| What is being asked |
Tally the lines of the data that include the word "meets". Only the number is to be returned.

| Data for this exercise |
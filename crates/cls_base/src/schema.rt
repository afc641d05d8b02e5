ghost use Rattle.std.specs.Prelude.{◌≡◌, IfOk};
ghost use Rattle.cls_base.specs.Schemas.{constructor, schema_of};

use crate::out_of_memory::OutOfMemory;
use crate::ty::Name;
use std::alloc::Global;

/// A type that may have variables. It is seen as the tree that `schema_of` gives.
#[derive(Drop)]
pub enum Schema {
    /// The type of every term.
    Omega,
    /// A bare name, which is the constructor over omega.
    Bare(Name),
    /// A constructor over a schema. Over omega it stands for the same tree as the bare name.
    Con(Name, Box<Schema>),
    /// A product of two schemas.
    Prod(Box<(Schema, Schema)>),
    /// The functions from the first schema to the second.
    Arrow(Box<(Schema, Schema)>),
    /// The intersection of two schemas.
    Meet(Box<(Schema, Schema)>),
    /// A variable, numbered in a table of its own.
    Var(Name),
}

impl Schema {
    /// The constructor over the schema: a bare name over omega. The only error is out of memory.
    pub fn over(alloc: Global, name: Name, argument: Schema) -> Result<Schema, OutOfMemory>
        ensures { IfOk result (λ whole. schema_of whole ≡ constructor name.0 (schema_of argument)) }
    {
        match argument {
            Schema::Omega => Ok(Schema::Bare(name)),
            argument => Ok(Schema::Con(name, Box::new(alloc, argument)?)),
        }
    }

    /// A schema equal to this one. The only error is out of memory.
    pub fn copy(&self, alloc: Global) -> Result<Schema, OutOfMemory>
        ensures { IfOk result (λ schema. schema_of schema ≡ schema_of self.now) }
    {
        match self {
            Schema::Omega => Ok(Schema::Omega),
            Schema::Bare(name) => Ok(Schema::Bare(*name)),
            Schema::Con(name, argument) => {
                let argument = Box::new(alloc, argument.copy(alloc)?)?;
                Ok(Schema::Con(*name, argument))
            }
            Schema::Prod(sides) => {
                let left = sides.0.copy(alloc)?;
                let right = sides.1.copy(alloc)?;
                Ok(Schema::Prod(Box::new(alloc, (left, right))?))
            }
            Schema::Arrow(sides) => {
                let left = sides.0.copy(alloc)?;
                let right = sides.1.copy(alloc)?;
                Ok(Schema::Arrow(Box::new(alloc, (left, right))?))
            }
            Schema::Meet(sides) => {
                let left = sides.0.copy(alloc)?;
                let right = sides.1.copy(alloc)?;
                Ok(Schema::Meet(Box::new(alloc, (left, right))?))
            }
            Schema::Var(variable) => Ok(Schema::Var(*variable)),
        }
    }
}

---

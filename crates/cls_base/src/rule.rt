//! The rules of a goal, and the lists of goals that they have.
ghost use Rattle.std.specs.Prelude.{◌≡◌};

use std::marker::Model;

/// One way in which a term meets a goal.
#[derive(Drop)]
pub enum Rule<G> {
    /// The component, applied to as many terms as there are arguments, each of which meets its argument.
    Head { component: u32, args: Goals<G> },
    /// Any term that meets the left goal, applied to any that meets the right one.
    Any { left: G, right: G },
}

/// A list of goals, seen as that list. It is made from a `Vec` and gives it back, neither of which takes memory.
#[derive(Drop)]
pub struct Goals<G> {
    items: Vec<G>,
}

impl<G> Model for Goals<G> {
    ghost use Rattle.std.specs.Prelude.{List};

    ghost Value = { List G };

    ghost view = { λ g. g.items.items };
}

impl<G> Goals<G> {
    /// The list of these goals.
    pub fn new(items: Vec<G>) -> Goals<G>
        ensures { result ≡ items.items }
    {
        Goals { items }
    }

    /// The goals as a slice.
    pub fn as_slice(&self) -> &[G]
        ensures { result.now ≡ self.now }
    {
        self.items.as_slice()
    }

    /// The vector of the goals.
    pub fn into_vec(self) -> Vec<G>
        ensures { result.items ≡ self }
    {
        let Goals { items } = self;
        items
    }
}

| Completed exercise |
3